Stored data entries
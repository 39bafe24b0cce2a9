//! Walks over a shared set, while others add to it.
ghost use Rattle.std.specs.Prelude.{◌≡◌, ◌⊎◌, ℕ, ◌+◌, ◌-◌, ◌*◌, ◌/◌, ◌%◌, ◌^◌, ◌<◌, ◌≤◌, ◌∷◌, [], true, false, IfSome, MatchOption, Option, None};
ghost use Rattle.std.specs.Iterator.{at_most};
ghost use Rattle.std.specs.Int.{bit_at};
ghost use Rattle.hibitset_base.specs.Places.{Place};
ghost use Rattle.hibitset_base.specs.Cursor.{cursor_places, CanContinueAt};
ghost use Rattle.hibitset_base.specs.WordsRead.{depth};
ghost use Rattle.hibitset_atomic.specs.Lists.{Has};
ghost use Rattle.hibitset_atomic.specs.Levels.{first_mark};
ghost use Rattle.hibitset_atomic.specs.declared.atomic.TheConstants.{ATOMIC_MAX_EID};
ghost use Rattle.hibitset_atomic.specs.declared.layers.TheConstants.{ATOMIC_LAYERS};
ghost use Rattle.hibitset_atomic.specs.Seats.{IsOld, BelongsTo, IsKnown, weight_of, reports_of, loads_by, exchanges_by};
ghost use Rattle.hibitset_atomic.specs.SharedWalk.{view_of, IsOldOrKnown, Keeps, LoadsTo, WalkInvariant, set_of, seat_of, lender, loads_of, next_from, IsReady, IsDue, SharedSteps};

use crate::layers::ATOMIC_LAYERS;
use crate::shared::types::{Seat, SharedBitSet};
use hibitset_base::cursor::Cursor;
use hibitset_base::read_count::Reads;
use hibitset_base::util::Index;

// The layers, and the root over them: one place, over the word of the highest layer.
pub(crate) const LEVELS: usize = ATOMIC_LAYERS + 1;

/// A walk over a shared set, in ascending order, while others add to it. It has one seat of that set on loan, and what
/// it gives becomes known to that seat.
///
/// - Once it has ended, it has given each index from before `share`, and each that the seat knew when the walk was
///   made. An index that comes in meanwhile may be given or not.
/// - Dropped early, it leaves a seat that knows what was given, and it has given all old and known indices before its
///   last item.
///
/// A step makes at most four loads at the first `next` and at most three at each later one, each a sequentially
/// consistent read of one word. It does not allocate, writes nothing to the set, and waits for no other thread.
pub struct SharedWalk<'a> {
    pub(crate) seat: &'a mut Seat,
    pub(crate) set: &'a SharedBitSet,
    pub(crate) cursor: Cursor<LEVELS>,
    pub(crate) reads: Reads,
}

impl Drop for SharedWalk<'_> {
    #[tactic(auto, unfolding(crate::specs::SharedWalk::seat_of))]
    fn drop(self)
        ensures { self.exit.0.now ≡ seat_of self.entry }
    {
        let SharedWalk {
            seat: _,
            set: _,
            cursor,
            reads,
        } = self;
        drop(cursor);
        drop(reads);
    }
}

// Loads the word of a layer at a position. Each load of a walk is made here.
#[inline]
#[tactic(auto, unfolding(crate::specs::Seats::BelongsTo, crate::specs::Seats::IsKnown, crate::specs::Seats::IsOld, crate::specs::Seats::weight_of, crate::specs::Seats::reports_of, crate::specs::Seats::loads_by, crate::specs::Seats::exchanges_by))]
fn load(
    set: &SharedBitSet,
    seat: &mut Seat,
    reads: &mut Reads,
    layer: usize,
    position: u32,
) -> usize
    requires belongs { BelongsTo set.now seat.old }
    requires layer { layer < ATOMIC_LAYERS }
    requires position { position < 64 ^ (ATOMIC_LAYERS - 1 - layer) }
    ensures keeps_known { Keeps set.now seat.old seat.new }
    ensures nonzero { Has (view_of seat.old).seen (first_mark (layer + 1) + position) → 0 < result }
    ensures seen { (b : ℕ) → b < 64 → bit_at result b ≡ 1
        → Has (view_of seat.new).seen (first_mark layer + (64 * position + b)) }
    ensures due { (i : ℕ) → IsOldOrKnown set.now seat.old i → i / 64 ^ (layer + 1) ≡ position
        → bit_at result (i / 64 ^ layer % 64) ≡ 1 }
    ensures reads { reads.new.count ≡ reads.old.count + 1 }
    ensures counted { loads_by seat.new ≡ loads_by seat.old + 1 }
{
    *reads = Reads::succ(reads);
    set.load_word(&mut seat.pass, layer, position) as usize
}

// Loads the word under a place that was taken, and puts its bits in the place's stead.
#[inline]
fn descend(
    set: &SharedBitSet,
    seat: &mut Seat,
    cursor: &mut Cursor<LEVELS>,
    reads: &mut Reads,
    layer: usize,
    position: u32,
)
    requires belongs { BelongsTo set.now seat.old }
    requires layer { layer ≤ ATOMIC_LAYERS }
    requires above { 0 < layer }
    requires rest { CanContinueAt cursor.old layer position }
    requires stands { WalkInvariant (view_of seat.old) reads.old.count
        ((record { layer = layer; position = position }) ∷ cursor_places cursor.old) }
    ensures goes { LoadsTo set.now seat.old seat.new reads.old.count
        ((record { layer = layer; position = position }) ∷ cursor_places cursor.old) reads.new.count
        (cursor_places cursor.new) }
    ensures fewer { depth (cursor_places cursor.new) < layer }
{
    let word = load(set, seat, reads, layer - 1, position);
    cursor.push_bits(layer - 1, position, word);
}

// The first index that is left, which is taken.
#[inline]
fn next_index(
    set: &SharedBitSet,
    seat: &mut Seat,
    cursor: &mut Cursor<LEVELS>,
    reads: &mut Reads,
) -> Option<Index>
    requires belongs { BelongsTo set.now seat.old }
    requires stands { WalkInvariant (view_of seat.old) reads.old.count (cursor_places cursor.old) }
    ensures end { result ≡ None → (cursor_places cursor.new ≡ []) }
    ensures goes { MatchOption result (LoadsTo set.now seat.old seat.new reads.old.count
        (cursor_places cursor.old) reads.new.count (cursor_places cursor.new))
        (λ i. LoadsTo set.now seat.old seat.new reads.old.count (cursor_places cursor.old)
        reads.new.count ((record { layer = 0; position = i }) ∷ cursor_places cursor.new)) }
    ensures before { IfSome result (λ i. CanContinueAt cursor.new 0 i) }
{
    'places: while let Some((layer, position)) = cursor.take_lowest() {
        if layer == 0 {
            return Some(position);
        }
        descend(set, seat, cursor, reads, layer, position);
    }
    None
}

impl SharedBitSet {
    /// A walk over the set, in ascending order, while others add to it, for one of the set's seats. The seat comes back
    /// when the walk is dropped, with the same weight and reports; it knows what the walk gave.
    ///
    /// Nothing is read here; the first `next` reads the first word.
    #[inline]
    #[tactic(auto, unfolding(crate::specs::SharedWalk::set_of, crate::specs::SharedWalk::seat_of, crate::specs::SharedWalk::loads_of))]
    pub fn walk<'a>(&'a self, seat: &'a mut Seat) -> SharedWalk<'a>
        requires { BelongsTo self.now seat.old }
        ensures same_reference { lender result ≡ seat.entry.ghost_name }
        ensures set_and_seat { (set_of result ≡ self.now) × (seat_of result ≡ seat.old) }
        ensures ready { IsReady result }
        ensures due { (i : ℕ) → IsOld self.now i ⊎ IsKnown seat.old i → IsDue result i }
        ensures loads { loads_of result ≡ 0 }
    {
        SharedWalk {
            seat,
            set: self,
            cursor: Cursor::at_top(1),
            reads: Reads::none(),
        }
    }
}

impl<'a> Iterator for SharedWalk<'a> {
    type Item = Index;

    ghost can_next = { IsReady };

    ghost next_gives = { SharedSteps };

    ghost remaining = { λ walk. at_most (ATOMIC_MAX_EID - next_from walk) };

    #[inline]
    #[tactic(auto, unfolding(crate::specs::SharedWalk::set_of, crate::specs::SharedWalk::seat_of, crate::specs::SharedWalk::loads_of, crate::specs::SharedWalk::IsReady))]
    fn next(&mut self) -> Option<Index> {
        next_index(self.set, self.seat, &mut self.cursor, &mut self.reads)
    }
}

▶ [Task item]
Copy from the entries above each line in which the string "others" can be found.

▶ [Exercise result]
//! Walks over a shared set, while others add to it.
/// A walk over a shared set, in ascending order, while others add to it. It has one seat of that set on loan, and what
    /// A walk over the set, in ascending order, while others add to it, for one of the set's seats. The seat comes back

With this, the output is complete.